### User-base Collaborative Filtering - Testing
This notebook is used to simulate the performance of the user-based collaborative filtering algorithm in a retrieval setting and in a prediction setting. 

#### Pre-requisites
- The model is trained and the index is created in the notebook `UserCF Model & Index.ipynb`.
- The index is saved in the file `yelp_UserCF.db` in the same directory as this notebook.

In [1]:
# import the python file from ../utilities.py
import sys
sys.path.append('../')
from utilities import *

In [2]:
# Define the database folder path and file names
db_folder = '../../data/processed_data/yelp_data/'
data_files = ['business', 'categories', 'review']

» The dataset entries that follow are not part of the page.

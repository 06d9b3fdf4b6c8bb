// Where a node is read to.
ghost use Rattle.std.specs.Prelude.{◌≡◌, ◌+◌, ◌-◌, ◌*◌, ◌^◌, ◌<◌, ◌≤◌, length, MatchOption};

use crate::paint::fill_block;
use basin::head::Head;
use basin::quarters::Quarters;
use basin::size::side;

// Not one type with `Spot`: a reader's tables have rows of any length, and no square (x, y) is known in them.
/// Where a node is read to: a block of a table whose rows have `stride` entries. No other target exists: the block fits a table that memory can hold.
#[derive(Clone, Copy)]
pub struct Target {
    /// The entry of the block's south-west square.
    pub corner: usize,
    /// The entries of a row.
    pub stride: usize,
    /// The levels below the node: 2^height squares lie along the block's side.
    pub height: u8,
    /// The levels of the basin.
    pub levels: u8,
    ghost few: { levels ≤ 6 },
    ghost deep: { height ≤ levels },
    ghost room: { corner + 2 ^ height * stride + 2 ^ height ≤ 2 ^ 63 + stride },
}

impl Target {
    ghost use Rattle.nodes.specs.Targets.{LiesIn, TargetQuarter, TargetQuarters, WholeTarget};
    ghost use Rattle.basin.specs.Fills.{square};

    /// The node of a whole basin.
    pub fn whole(head: Head) -> Target
        ensures { WholeTarget head.levels result }
    {
        Target {
            corner: 0,
            stride: head.side(),
            height: head.levels,
            levels: head.levels,
        }
    }

    /// The squares along the block's side.
    pub fn side(self) -> usize
        ensures value { result ≡ 2 ^ self.height }
        ensures most { result ≤ 64 }
    {
        side(self.height)
    }

    // `LiesIn` is asked for, as in `read_node`.
    /// Puts a value on the block's squares.
    pub fn fill<T: Copy>(self, table: &mut [T], value: T)
        requires { LiesIn self (length table.old) }
        ensures { table.new ≡ square (2 ^ self.height) self.stride (2 ^ self.height) self.corner value table.old }
    {
        fill_block(table, self.corner, self.side(), self.stride, value);
    }

    /// Where the quarter lies whose south-west square is so many squares east and north of the block's.
    fn quarter(self, east: usize, north: usize) -> Target
        requires high { 0 < self.height }
        requires east { east + 2 ^ (self.height - 1) ≤ 2 ^ self.height }
        requires north { north + 2 ^ (self.height - 1) ≤ 2 ^ self.height }
        ensures { TargetQuarter self east north result }
    {
        Target {
            corner: self.corner + north * self.stride + east,
            stride: self.stride,
            height: self.height - 1,
            levels: self.levels,
        }
    }

    /// Where its quarters lie, if it has levels below it.
    pub fn quarters(self) -> Option<Quarters<Target>>
        ensures { MatchOption result (self.height ≡ 0) (λ q. TargetQuarters self q) }
    {
        let half = side(self.height.checked_sub(1)?);
        Some(Quarters {
            sw: self.quarter(0, 0),
            se: self.quarter(half, 0),
            nw: self.quarter(0, half),
            ne: self.quarter(half, half),
        })
    }
}
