// Why a tree cannot be read.
ghost use Rattle.std.specs.Prelude.{◌≡◌};
ghost use Rattle.nodes.specs.declared.fault.TreeFault.TheVariants.{Number};
ghost use Rattle.nodes.specs.Reports.{tree_report};

use basin::refusal::Refusal;
use numbers::fault::NumberFault;
use numbers::report::{Layer, Report};

/// A tree that cannot be read. A number's fault is carried whole; else there is the byte where the offending number begins, and at a tree that
/// is not balanced the file's length.
#[derive(Clone, Copy, PartialEq, Debug)]
pub enum TreeFault {
    Number(NumberFault),
    /// A mark, or a number of a leaf's record, is out of its range.
    Range(usize),
    /// Two squares that touch are more than one level apart.
    Unbalanced(usize),
}

impl TreeFault {
    /// The refusal, byte and layer of this fault.
    // `From` under a name, which programs call with no type to write.
    pub fn report(self) -> Report
        ensures { result ≡ tree_report self }
    {
        Report::from(self)
    }
}

impl From<TreeFault> for Report {
    ghost from_gives = { λ f r. r ≡ tree_report f };

    fn from(fault: TreeFault) -> Report {
        match fault {
            TreeFault::Number(fault) => Report::from(fault),
            TreeFault::Range(byte) => Report::new(Refusal::FileRange, byte, Layer::Tree),
            TreeFault::Unbalanced(byte) => Report::new(Refusal::NotABasin, byte, Layer::Tree),
        }
    }
}

impl From<NumberFault> for TreeFault {
    ghost from_gives = { λ f r. r ≡ Number f };

    fn from(fault: NumberFault) -> TreeFault {
        TreeFault::Number(fault)
    }
}
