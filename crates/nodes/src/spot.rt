// Where nodes lie in the tables.
ghost use Rattle.std.specs.Prelude.{◌≡◌, ◌+◌, ◌-◌, ◌*◌, ◌^◌, ◌<◌, ◌≤◌, MatchOption};

use basin::head::Head;
use basin::quarters::Quarters;
use basin::size::{place, side};

/// Where a node lies: a block of a basin's squares. No other spot exists: the block lies in the basin.
#[derive(Clone, Copy)]
pub struct Spot {
    /// The block's south-west square.
    pub x: usize,
    pub y: usize,
    /// The levels below the node: 2^height squares lie along the block's side.
    pub height: u8,
    /// The levels of the basin.
    pub levels: u8,
    ghost few: { levels ≤ 6 },
    ghost deep: { height ≤ levels },
    ghost east: { x + 2 ^ height ≤ 2 ^ levels },
    ghost north: { y + 2 ^ height ≤ 2 ^ levels },
}

impl Spot {
    ghost use Rattle.nodes.specs.Spots.{corner_of, Quarter, Quartered, WholeSpot};

    /// The node of a whole basin.
    pub fn whole(head: Head) -> Spot
        ensures { WholeSpot head.levels result }
    {
        Spot {
            x: 0,
            y: 0,
            height: head.levels,
            levels: head.levels,
        }
    }

    /// The squares along the block's side.
    pub fn side(self) -> usize
        ensures value { result ≡ 2 ^ self.height }
        ensures most { result ≤ 64 }
    {
        side(self.height)
    }

    /// The entry of the block's south-west square.
    pub fn corner(self) -> usize
        ensures value { result ≡ corner_of self }
        ensures within { result < 2 ^ self.levels * 2 ^ self.levels }
    {
        place(side(self.levels), self.x, self.y)
    }

    /// Where the quarter lies whose south-west square is so many squares east and north of the block's.
    fn quarter(self, east: usize, north: usize) -> Spot
        requires high { 0 < self.height }
        requires east { east + 2 ^ (self.height - 1) ≤ 2 ^ self.height }
        requires north { north + 2 ^ (self.height - 1) ≤ 2 ^ self.height }
        ensures { Quarter self east north result }
    {
        Spot {
            x: self.x + east,
            y: self.y + north,
            height: self.height - 1,
            levels: self.levels,
        }
    }

    /// Where its quarters lie, if it has levels below it.
    pub fn quarters(self) -> Option<Quarters<Spot>>
        ensures { MatchOption result (self.height ≡ 0) (λ q. Quartered self q) }
    {
        let half = side(self.height.checked_sub(1)?);
        Some(Quarters {
            sw: self.quarter(0, 0),
            se: self.quarter(half, 0),
            nw: self.quarter(0, half),
            ne: self.quarter(half, half),
        })
    }
}
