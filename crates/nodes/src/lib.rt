// The tree of a basin file, read into the tables that it describes.
#![tactic(auto)]

pub mod fault;
pub mod mark;
pub mod node;
pub mod paint;
pub mod record;
pub mod spot;
pub mod target;
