//! How safe what was written is to be.

/// How far a call brings what was written before it.
#[derive(Clone, Copy, Debug, PartialEq, Eq)]
pub enum PersistMode {
    /// To the operating system: a crash of the program loses nothing.
    Buffer,
    /// To the device: a crash of the machine loses no bytes.
    SyncData,
    /// To the device, with the file's metadata.
    SyncAll,
}
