//! An entry at the front of some bytes. The key and the value of an item are parts of the text that the bytes stand in
//! (`Slice::part_of`).

ghost use Rattle.std.specs.Prelude.{drop, ℕ, IfOk, Ok};
ghost use Rattle.fjall_journal.specs.declared.entry.Entry.{Entry};
ghost use Rattle.fjall_journal.specs.Spelling.{StandsFirst};
ghost use Rattle.fjall_journal.specs.Reading.{Gives, IsRestOf, bytes_at, compression_of, start_at, item_at, end_at, clear_at, entry_at};

use crate::entry::{Entry, MAGIC_BYTES, Tag, ValueType};
use bytes::Bytes;
use fjall_base::{CompressionType, Error, Result, Slice, bytes_of, u8_of, u16_of, u32_of, u64_of};
use std::alloc::Global;
use std::io::ErrorKind;

// Bytes that end within a field.
const SHORT: Error = Error::Io(ErrorKind::UnexpectedEof);

#[inline(always)]
fn compression_named(b: u8) -> Result<CompressionType>
    ensures { Gives (λ compression. compression) result (compression_of b) }
{
    match b {
        0 => Ok(CompressionType::None),
        _ => Err(Error::InvalidTag(("CompressionType", b))),
    }
}

#[tactic(auto, unfolding(crate::specs::Reading::start_at))]
#[inline(always)]
fn start_of(bytes: &[u8]) -> Result<(Entry, &[u8])>
    ensures { Gives (λ x. (x.0, x.1.now)) result (start_at bytes.now) }
{
    let Some((item_count, rest)) = u32_of(bytes) else {
        return Err(SHORT);
    };
    let Some((seqno, rest)) = u64_of(rest) else {
        return Err(SHORT);
    };
    Ok((Entry::Start { item_count, seqno }, rest))
}

/// That many bytes at the front, as a part of the text whose rest this is, and the bytes after them.
#[inline(always)]
fn part_of<'a>(text: &Bytes, bytes: &'a [u8], len: usize) -> Result<(Slice, &'a [u8])>
    requires { IsRestOf text.now bytes.now }
    ensures gives { Gives (λ x. (x.0, x.1.now)) result (bytes_at len bytes.now) }
    ensures rest { IfOk result (λ x. IsRestOf text.now x.1.now) }
{
    if bytes.len() < len {
        return Err(SHORT);
    }
    let at = text.len() - bytes.len();
    let part = Slice::part_of(text, at..at + len)?;
    Ok((part, &bytes[len..]))
}

#[tactic(auto, unfolding(crate::specs::Reading::item_at))]
#[inline(always)]
fn item_of<'a>(text: &Bytes, bytes: &'a [u8]) -> Result<(Entry, &'a [u8])>
    requires { IsRestOf text.now bytes.now }
    ensures { Gives (λ x. (x.0, x.1.now)) result (item_at bytes.now) }
{
    let Some((type_byte, rest)) = u8_of(bytes) else {
        return Err(SHORT);
    };
    let value_type = ValueType::try_from(type_byte)?;
    let Some((compression_byte, rest)) = u8_of(rest) else {
        return Err(SHORT);
    };
    let compression = compression_named(compression_byte)?;
    let Some((keyspace_id, rest)) = u64_of(rest) else {
        return Err(SHORT);
    };
    let Some((key_len, rest)) = u16_of(rest) else {
        return Err(SHORT);
    };
    let Some((value_len, rest)) = u32_of(rest) else {
        return Err(SHORT);
    };
    let Some((stored_len, rest)) = u32_of(rest) else {
        return Err(SHORT);
    };
    if key_len == 0 {
        return Err(Error::InvalidTag(("KeyLength", 0)));
    }
    if stored_len != value_len {
        return Err(Error::InvalidTag(("ValueLength", 0)));
    }
    let (key, rest) = part_of(text, rest, usize::from(key_len))?;
    let (value, rest) = part_of(text, rest, value_len as usize)?;
    let item = Entry::Item {
        keyspace_id,
        key,
        value,
        value_type,
        compression,
    };
    Ok((item, rest))
}

#[tactic(auto, unfolding(crate::specs::Reading::end_at))]
#[inline(always)]
fn end_of(bytes: &[u8]) -> Result<(Entry, &[u8])>
    ensures { Gives (λ x. (x.0, x.1.now)) result (end_at bytes.now) }
{
    let Some((check, rest)) = bytes_of(bytes, 8) else {
        return Err(SHORT);
    };
    let Some((mark, rest)) = bytes_of(rest, 4) else {
        return Err(SHORT);
    };
    if !mark.starts_with(&MAGIC_BYTES) {
        return Err(Error::InvalidTrailer);
    }
    let mut checksum = [0u8; 8];
    checksum.copy_from_slice(check);
    Ok((Entry::End(checksum), rest))
}

#[tactic(auto, unfolding(crate::specs::Reading::clear_at))]
#[inline(always)]
fn clear_of(bytes: &[u8]) -> Result<(Entry, &[u8])>
    ensures { Gives (λ x. (x.0, x.1.now)) result (clear_at bytes.now) }
{
    let Some((keyspace_id, rest)) = u64_of(bytes) else {
        return Err(SHORT);
    };
    Ok((Entry::Clear { keyspace_id }, rest))
}

#[tactic(auto, unfolding(crate::specs::Reading::entry_at))]
#[inline(always)]
pub(crate) fn entry_of<'a>(text: &Bytes, bytes: &'a [u8]) -> Result<(Entry, &'a [u8])>
    requires { IsRestOf text.now bytes.now }
    ensures { Gives (λ x. (x.0, x.1.now)) result (entry_at bytes.now) }
{
    let Some((tag, rest)) = u8_of(bytes) else {
        return Err(SHORT);
    };
    match Tag::try_from(tag)? {
        Tag::Start => start_of(rest),
        Tag::Item => item_of(text, rest),
        Tag::End => end_of(rest),
        Tag::Clear => clear_of(rest),
    }
}

impl Entry {
    /// The entry at the front of the bytes, and how many of them it takes. The bytes are copied once.
    pub fn decode_from(alloc: Global, bytes: &[u8]) -> Result<(Entry, usize)>
        // What is answered stands at the front.
        ensures found { IfOk result (λ x. StandsFirst bytes.now x.0 x.1) }
        // What stands at the front is answered, unless memory runs out.
        ensures only { (entry : Entry) (len : ℕ) → StandsFirst bytes.now entry len → Gives (λ x. x) result (Ok (entry, len)) }
        // Which fault it is.
        ensures fault { Gives (λ x. (x.0, drop x.1 bytes.now)) result (entry_at bytes.now) }
    {
        let text = Bytes::copy_from_slice(alloc, bytes)?;
        let (entry, rest) = entry_of(&text, text.as_slice())?;
        Ok((entry, bytes.len() - rest.len()))
    }
}
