//! Lines that are no calls: of openings, of the disk and of its records. Each ends the list of calls before it.

use crate::answer::count;
use crate::session::{SHUT, Session};
use fjall_recorder::{Parsed, number, size};

/// Whether a line is none of a call.
pub fn is_own(words: &[&str]) -> bool {
    match words {
        ["count", "kept"] | ["remove", _] => true,
        ["len", name] => number(name).is_err(),
        [word, ..] => is_own_word(word),
        [] => false,
    }
}

fn is_own_word(word: &str) -> bool {
    match word {
        "open" | "close" | "drop" | "reopen" | "crash" | "next" | "show" | "live" => true,
        "record" | "moments" | "stop" | "forget" | "ways" | "names_at" | "image" => true,
        "file" | "list" | "has" | "digest" | "hold" | "held" => true,
        "new" | "lose" | "fail" | "faults" | "put" | "cut" | "damage" | "folder" | "entries" =>
            true,
        _ => false,
    }
}

impl Session {
    /// What such a line is answered.
    pub(crate) fn own(&mut self, words: &[&str]) -> Parsed<String> {
        let told = match words {
            ["count", "kept"] => match &*self.core {
                Some(core) => return Ok(count(self.alloc, core.kept_commits())?),
                None => SHUT,
            },
            ["show"] => return self.show(),
            ["next" | "live"] => "ok",
            ["open"] => opened(self.open()?),
            ["close"] => if self.close()? { "ok" } else { SHUT },
            ["drop"] => {
                self.leave();
                "ok"
            }
            ["reopen"] => {
                // the opening alone is told
                let _ = self.close();
                opened(self.open()?)
            }
            ["crash", keep] => {
                self.lose(size(keep)?)?;
                opened(self.open()?)
            }
            _ => return self.of_record(words),
        };
        Ok(String::from_str(self.alloc, told)?)
    }
}

// How an opening is told of a database that was shut before or not.
fn opened(was_shut: bool) -> &'static str {
    if was_shut { "ok" } else { "open" }
}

# Load data into a dictionary
yelp_data = load_data_from_db(db_folder, data_files)

# Check loaded data
for table, df in yelp_data.items():
    print(f"Loaded {len(df)} rows from {table} table.")

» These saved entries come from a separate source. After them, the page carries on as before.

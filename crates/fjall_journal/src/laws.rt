//! What holds of the definitions.

ghost use Rattle.std.specs.Prelude.{◌≡◌, ◌<◌, ℕ, List, [], ◌∷◌, ◌++◌, ◌+◌, length, slice_index};
ghost use Rattle.std.specs.List.{flat_map, AllByRecursion};
ghost use Rattle.fjall_journal.specs.declared.entry.Entry.{Entry};
ghost use Rattle.fjall_journal.specs.declared.batch.Tail.{Tail};
ghost use Rattle.fjall_journal.specs.Spelling.{IsSpelling};
ghost use Rattle.fjall_journal.specs.Batches.{Written, IsWritten, batch_text, IsWhole, IsAll, IsTail, NoneAt, KeptBatches};

/// No spelling begins another, and none is of two entries.
pub fn one_spelling()
    ensures { (a b : Entry) (s t x y : List ℕ) → IsSpelling s a → IsSpelling t b → s ++ x ≡ t ++ y → (a ≡ b) × (s ≡ t) }
{}

/// Where no batch stands there is one tail.
pub fn one_tail()
    ensures { (bytes : List ℕ) (t u : Tail) → ((i : ℕ) → slice_index bytes i < 256) → NoneAt bytes → IsTail bytes t → IsTail bytes u → t ≡ u }
{}

/// A text holds one list of batches, with one end.
pub fn one_reading()
    ensures { (text : List ℕ) (bs others : List Written) (end other : ℕ) → IsWhole text bs end → IsWhole text others other → (bs ≡ others) × (end ≡ other) }
{}

/// The text of batches is whole.
pub fn texts_are_whole()
    ensures { (bs : List Written) → AllByRecursion IsWritten bs → IsAll (flat_map batch_text bs) bs }
{}

/// A text that is whole to its end, and one more batch's text, is whole to its end with that batch more.
pub fn whole_grows()
    ensures { (text : List ℕ) (bs : List Written) (b : Written) → IsAll text bs → IsWritten b → IsAll (text ++ batch_text b) (bs ++ b ∷ []) }
{}

/// A text that stands behind whole batches keeps its own.
pub fn whole_behind()
    ensures { (first bs : List Written) (text : List ℕ) (end : ℕ) → AllByRecursion IsWritten first → IsWhole text bs end
        → IsWhole (flat_map batch_text first ++ text) (first ++ bs) (length (flat_map batch_text first) + end) }
{}

/// A text of batches that is cut anywhere reads as the first of them, with a clean or a torn tail.
pub fn cut_reads()
    ensures { (bs : List Written) (text lost : List ℕ) → AllByRecursion IsWritten bs → text ++ lost ≡ flat_map batch_text bs → KeptBatches bs text }
{}
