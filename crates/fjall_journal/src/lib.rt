//! The journal: batches of changes as bytes, and back.
#![tactic(auto)]

mod batch;
mod batch_reader;
mod batch_text;
mod contents;
mod decoding;
mod encoding;
mod entry;
mod known_batches;
mod laws;
mod op;
mod parsing;
mod persist_mode;
mod recovery_mode;
mod rotation;
mod writer;

pub use batch::{Batch, ReadBatchItem, Tail};
pub use batch_reader::JournalBatchReader;
pub use contents::{Contents, next_batch, read_journal};
pub use encoding::serialize_marker_item;
pub use entry::{Entry, Tag, ValueType};
pub use known_batches::KnownBatches;
pub use laws::{
    cut_reads, one_reading, one_spelling, one_tail, texts_are_whole, whole_behind, whole_grows,
};
pub use op::{
    BatchItem, Op, OpRef, check_items, has_empty_key, has_key_too_long, has_value_too_long,
};
pub use persist_mode::PersistMode;
pub use recovery_mode::RecoveryMode;
pub use writer::{JOURNAL_BUFFER_BYTES, Writer};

Loaded 78059 rows from business table.
Loaded 360656 rows from categories table.
Loaded 980418 rows from review table.


In [3]:
df_business = yelp_data["business"]
df_review = yelp_data["review"]

user_mapping, business_mapping, user_business = get_user_business(df_business, df_review)

In [4]:
# split the data into training and test sets
train_data, test_data = train_test_split(user_business, test_size=0.2, random_state=42)

In [5]:
# balance the test data, comment this line to use the original test data
test_data = balance_test_data(test_data)

# group the test data by user_id and get the business_id
test_data_grouped = test_data.groupby('user_id')['business_id'].apply(list).reset_index()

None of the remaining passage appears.